*Directions for this task:* Your task is to copy every line of this material exactly.

*Listed entries:*
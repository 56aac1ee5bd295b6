//! What is asked of the parts that stand behind a front of the tokens, whatever comes behind it.
//!
//! `specs/Roles.antt` says of each action what it asks of the parts that it takes, by what is asked of the part that it leaves, and
//! `specs/Least.antt` what each nonterminal asks at least; `specs/Closing.antt` is one way to close the symbols. A tuple that may yet be
//! assigned to is read in two ways: `specs/Aims.antt` says what is asked of an item among targets, `specs/Turning.antt` how the tuple is
//! assigned to, and `specs/Decided.antt` that no module has a node less deep than one of both ways. `specs/Ready.antt` says how the symbols of a
//! run stand, from which `specs/Readings.antt` computes the reading with targets, and `specs/BothFirst.antt` finds by both readings where a front
//! is nested too deep first. The functions below have no body: they carry laws.
#![tactic(auto)]

ghost use Rattle.py_demands.specs.Agreed.{LeastLaw};
ghost use Rattle.py_demands.specs.Aimed.{ItemLaw};
ghost use Rattle.py_demands.specs.Bound.{LowerLaw, ClosingLaw};
ghost use Rattle.py_demands.specs.BothFirst.{BothFirstLaw, BothFoundLaw, OrderedFrontLaw};
ghost use Rattle.py_demands.specs.Decided.{EitherLaw, WholeLaw, BothLaw};
ghost use Rattle.py_demands.specs.FrontDepth.{FirstLaw};
ghost use Rattle.py_demands.specs.ItemSteps.{ItemStepsLaw};
ghost use Rattle.py_demands.specs.Paired.{PairedLaw, SteadyLaw, AgreementLaw};
ghost use Rattle.py_demands.specs.Readings.{ReadingLaw, ReachedReadLaw};
ghost use Rattle.py_demands.specs.Ready.{ReadyLaw};
ghost use Rattle.py_demands.specs.Steps.{StepsLaw};
ghost use Rattle.py_demands.specs.Stops.{ShallowFrontLaw};
ghost use Rattle.py_demands.specs.TurnedPaired.{TurnedPairedLaw, BothPairsLaw};
ghost use Rattle.py_demands.specs.Turned.{TurnedLaw};
ghost use Rattle.py_demands.specs.Turning.{TurningLaw, OtherRowLaw};

/// In each module that begins with a front, the nodes of the parts behind it, and those that come to stand at their tokens, have the
/// depths that demands tell which are no less than what the symbols ask.
pub fn nodes_stand_as_deep_as_symbols_ask()
    ensures law { LowerLaw }
{}

/// A front is closed by tokens at any place to a module in which those nodes have just the depths that the closing symbols ask.
pub fn closing_symbols_give_a_module()
    ensures law { ClosingLaw }
{}

/// From the beginning of a module, each step of the table's run over a front leads to a place where what the symbols ask, at least and
/// where they are closed, is known, and where the parts have nodes at the tokens that were read alone.
pub fn a_run_finds_what_is_asked()
    ensures law { StepsLaw }
{}

/// Where what is asked at least is what is asked when the symbols are closed, no module that begins with the front and has a node at a
/// place of the front has it less deep than the closing symbols ask.
pub fn where_asks_agree_no_module_stands_less_deep()
    ensures law { LeastLaw }
{}

/// What a module that begins with a front reads as targets may be targets as it stands behind the front.
pub fn what_is_read_as_targets_may_be_targets()
    ensures law { TurnedLaw }
{}

/// Where the symbols of an expression, closed, leave what may be targets, a module that begins with the front assigns to it, and has the
/// nodes behind the front just as deep as is asked there.
pub fn what_may_be_targets_is_assigned_to()
    ensures law { TurningLaw }
{}

/// And where they do so if one of them gives way to another row than the closing one, as when an attribute is made of an item.
pub fn what_another_row_makes_targets_is_assigned_to()
    ensures law { OtherRowLaw }
{}

/// Where an item is read of a tuple that may be assigned to, a module that begins with the front either reads the tuple as a whole, and
/// asks no less of the parts than that does, or assigns to it, and asks no less than is asked of an item that is a target in the end.
pub fn item_is_read_in_a_whole_or_among_targets()
    ensures law { ItemLaw }
{}

/// From where an item is to be read of a tuple that may be assigned to, each step of the table's run leads to a place where what is asked of
/// the item is known, in a whole and among targets.
pub fn a_run_finds_what_is_asked_of_an_item()
    ensures law { ItemStepsLaw }
{}

/// Where an item is read of a tuple that may be assigned to, no module that begins with the front has a node less deep than one of the two
/// that close it: the one that reads the tuple as a whole, and the one that assigns to it.
pub fn no_module_stands_less_deep_than_either_reading()
    ensures law { EitherLaw }
{}

/// Where no module assigns to the tuple, none has a node less deep than the one that reads it as a whole.
pub fn what_is_no_target_is_read_as_a_whole()
    ensures law { WholeLaw }
{}

/// Where one part may be read as targets as it stands, no module has a node less deep than one of the two readings.
pub fn no_module_stands_less_deep_than_both_readings()
    ensures law { BothLaw }
{}

/// What is asked at least goes together with what is asked when the symbols are closed, but where a tuple that may be assigned to is read.
pub fn least_and_closing_go_together()
    ensures law { PairedLaw }
{}

/// So both agree behind a front where no item of such a tuple is read and what may be targets is read as a whole, and where an item is, if the
/// tuple is read as a whole.
pub fn least_and_closing_agree_behind_a_front()
    ensures law { AgreementLaw }
{}

/// What is asked at least goes together with what is asked where the last expression is assigned to.
pub fn least_and_turning_go_together()
    ensures law { TurnedPairedLaw }
{}

/// Where one part may be read as targets, what is asked where the symbols are closed and where it is assigned to are the two readings.
pub fn pairs_are_the_two_readings()
    ensures law { BothPairsLaw }
{}

/// What may be one of several targets has the same nodes as one.
pub fn a_target_has_the_same_nodes()
    ensures law { SteadyLaw }
{}

/// Where demands are met in a module that begins with a front, and no module that does has a node less deep, the first node that is met and
/// has more than 100 others above it stands at the first place where the front is nested too deep.
pub fn the_first_node_too_deep_is_met()
    ensures law { FirstLaw }
{}

/// From the beginning, each step of the table's run over a front keeps the symbols so that one expression at most may be assigned to, and one item
/// at most is read of it.
pub fn a_run_reads_one_expression_that_may_be_assigned_to()
    ensures law { ReadyLaw }
{}

/// In each module that begins with a front, a node stands no less deep than in one of the two readings: the one that closes the symbols, and the one
/// that assigns to what may be targets.
pub fn a_module_stands_no_less_deep_than_a_reading()
    ensures law { ReadingLaw }
{}

/// A module that begins with the front has the nodes behind it just as deep as the reading with targets asks, where there is that reading.
pub fn a_reading_with_targets_is_that_of_a_module()
    ensures law { ReachedReadLaw }
{}

/// Where each of two readings is that of a module that begins with a front, and no module has a node less deep than one of both, the first place where
/// a node has more than 100 others above it in each of both that has one is the first where the front is nested too deep.
pub fn the_first_node_too_deep_in_both_readings_is_met()
    ensures law { BothFirstLaw }
{}

/// Where the tokens are in order, that place is found by going over them.
pub fn the_first_node_too_deep_in_both_readings_is_found_by_tokens()
    ensures law { BothFoundLaw }
{}

/// Tokens in the order of the text have places of their own, but for layout, and none stands before an earlier one.
pub fn tokens_in_order_are_apart()
    ensures law { OrderedFrontLaw }
{}

/// Where computation over a front finds no node too deep in one of both readings, the front is nested too deep nowhere.
pub fn a_front_is_shallow_by_computation()
    ensures law { ShallowFrontLaw }
{}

*Result:*
repository 56aac1ee5bd295b6
//! What is asked of the parts that stand behind a front of the tokens, whatever comes behind it.
//!
//! `specs/Roles.antt` says of each action what it asks of the parts that it takes, by what is asked of the part that it leaves, and
//! `specs/Least.antt` what each nonterminal asks at least; `specs/Closing.antt` is one way to close the symbols. A tuple that may yet be
//! assigned to is read in two ways: `specs/Aims.antt` says what is asked of an item among targets, `specs/Turning.antt` how the tuple is
//! assigned to, and `specs/Decided.antt` that no module has a node less deep than one of both ways. `specs/Ready.antt` says how the symbols of a
//! run stand, from which `specs/Readings.antt` computes the reading with targets, and `specs/BothFirst.antt` finds by both readings where a front
//! is nested too deep first. The functions below have no body: they carry laws.
#![tactic(auto)]

ghost use Rattle.py_demands.specs.Agreed.{LeastLaw};
ghost use Rattle.py_demands.specs.Aimed.{ItemLaw};
ghost use Rattle.py_demands.specs.Bound.{LowerLaw, ClosingLaw};
ghost use Rattle.py_demands.specs.BothFirst.{BothFirstLaw, BothFoundLaw, OrderedFrontLaw};
ghost use Rattle.py_demands.specs.Decided.{EitherLaw, WholeLaw, BothLaw};
ghost use Rattle.py_demands.specs.FrontDepth.{FirstLaw};
ghost use Rattle.py_demands.specs.ItemSteps.{ItemStepsLaw};
ghost use Rattle.py_demands.specs.Paired.{PairedLaw, SteadyLaw, AgreementLaw};
ghost use Rattle.py_demands.specs.Readings.{ReadingLaw, ReachedReadLaw};
ghost use Rattle.py_demands.specs.Ready.{ReadyLaw};
ghost use Rattle.py_demands.specs.Steps.{StepsLaw};
ghost use Rattle.py_demands.specs.Stops.{ShallowFrontLaw};
ghost use Rattle.py_demands.specs.TurnedPaired.{TurnedPairedLaw, BothPairsLaw};
ghost use Rattle.py_demands.specs.Turned.{TurnedLaw};
ghost use Rattle.py_demands.specs.Turning.{TurningLaw, OtherRowLaw};

/// In each module that begins with a front, the nodes of the parts behind it, and those that come to stand at their tokens, have the
/// depths that demands tell which are no less than what the symbols ask.
pub fn nodes_stand_as_deep_as_symbols_ask()
    ensures law { LowerLaw }
{}

/// A front is closed by tokens at any place to a module in which those nodes have just the depths that the closing symbols ask.
pub fn closing_symbols_give_a_module()
    ensures law { ClosingLaw }
{}

/// From the beginning of a module, each step of the table's run over a front leads to a place where what the symbols ask, at least and
/// where they are closed, is known, and where the parts have nodes at the tokens that were read alone.
pub fn a_run_finds_what_is_asked()
    ensures law { StepsLaw }
{}

/// Where what is asked at least is what is asked when the symbols are closed, no module that begins with the front and has a node at a
/// place of the front has it less deep than the closing symbols ask.
pub fn where_asks_agree_no_module_stands_less_deep()
    ensures law { LeastLaw }
{}

/// What a module that begins with a front reads as targets may be targets as it stands behind the front.
pub fn what_is_read_as_targets_may_be_targets()
    ensures law { TurnedLaw }
{}

/// Where the symbols of an expression, closed, leave what may be targets, a module that begins with the front assigns to it, and has the
/// nodes behind the front just as deep as is asked there.
pub fn what_may_be_targets_is_assigned_to()
    ensures law { TurningLaw }
{}

/// And where they do so if one of them gives way to another row than the closing one, as when an attribute is made of an item.
pub fn what_another_row_makes_targets_is_assigned_to()
    ensures law { OtherRowLaw }
{}

/// Where an item is read of a tuple that may be assigned to, a module that begins with the front either reads the tuple as a whole, and
/// asks no less of the parts than that does, or assigns to it, and asks no less than is asked of an item that is a target in the end.
pub fn item_is_read_in_a_whole_or_among_targets()
    ensures law { ItemLaw }
{}

/// From where an item is to be read of a tuple that may be assigned to, each step of the table's run leads to a place where what is asked of
/// the item is known, in a whole and among targets.
pub fn a_run_finds_what_is_asked_of_an_item()
    ensures law { ItemStepsLaw }
{}

/// Where an item is read of a tuple that may be assigned to, no module that begins with the front has a node less deep than one of the two
/// that close it: the one that reads the tuple as a whole, and the one that assigns to it.
pub fn no_module_stands_less_deep_than_either_reading()
    ensures law { EitherLaw }
{}

/// Where no module assigns to the tuple, none has a node less deep than the one that reads it as a whole.
pub fn what_is_no_target_is_read_as_a_whole()
    ensures law { WholeLaw }
{}

/// Where one part may be read as targets as it stands, no module has a node less deep than one of the two readings.
pub fn no_module_stands_less_deep_than_both_readings()
    ensures law { BothLaw }
{}

/// What is asked at least goes together with what is asked when the symbols are closed, but where a tuple that may be assigned to is read.
pub fn least_and_closing_go_together()
    ensures law { PairedLaw }
{}

/// So both agree behind a front where no item of such a tuple is read and what may be targets is read as a whole, and where an item is, if the
/// tuple is read as a whole.
pub fn least_and_closing_agree_behind_a_front()
    ensures law { AgreementLaw }
{}

/// What is asked at least goes together with what is asked where the last expression is assigned to.
pub fn least_and_turning_go_together()
    ensures law { TurnedPairedLaw }
{}

/// Where one part may be read as targets, what is asked where the symbols are closed and where it is assigned to are the two readings.
pub fn pairs_are_the_two_readings()
    ensures law { BothPairsLaw }
{}

/// What may be one of several targets has the same nodes as one.
pub fn a_target_has_the_same_nodes()
    ensures law { SteadyLaw }
{}

/// Where demands are met in a module that begins with a front, and no module that does has a node less deep, the first node that is met and
/// has more than 100 others above it stands at the first place where the front is nested too deep.
pub fn the_first_node_too_deep_is_met()
    ensures law { FirstLaw }
{}

/// From the beginning, each step of the table's run over a front keeps the symbols so that one expression at most may be assigned to, and one item
/// at most is read of it.
pub fn a_run_reads_one_expression_that_may_be_assigned_to()
    ensures law { ReadyLaw }
{}

/// In each module that begins with a front, a node stands no less deep than in one of the two readings: the one that closes the symbols, and the one
/// that assigns to what may be targets.
pub fn a_module_stands_no_less_deep_than_a_reading()
    ensures law { ReadingLaw }
{}

/// A module that begins with the front has the nodes behind it just as deep as the reading with targets asks, where there is that reading.
pub fn a_reading_with_targets_is_that_of_a_module()
    ensures law { ReachedReadLaw }
{}

/// Where each of two readings is that of a module that begins with a front, and no module has a node less deep than one of both, the first place where
/// a node has more than 100 others above it in each of both that has one is the first where the front is nested too deep.
pub fn the_first_node_too_deep_in_both_readings_is_met()
    ensures law { BothFirstLaw }
{}

/// Where the tokens are in order, that place is found by going over them.
pub fn the_first_node_too_deep_in_both_readings_is_found_by_tokens()
    ensures law { BothFoundLaw }
{}

/// Tokens in the order of the text have places of their own, but for layout, and none stands before an earlier one.
pub fn tokens_in_order_are_apart()
    ensures law { OrderedFrontLaw }
{}

/// Where computation over a front finds no node too deep in one of both readings, the front is nested too deep nowhere.
pub fn a_front_is_shallow_by_computation()
    ensures law { ShallowFrontLaw }
{}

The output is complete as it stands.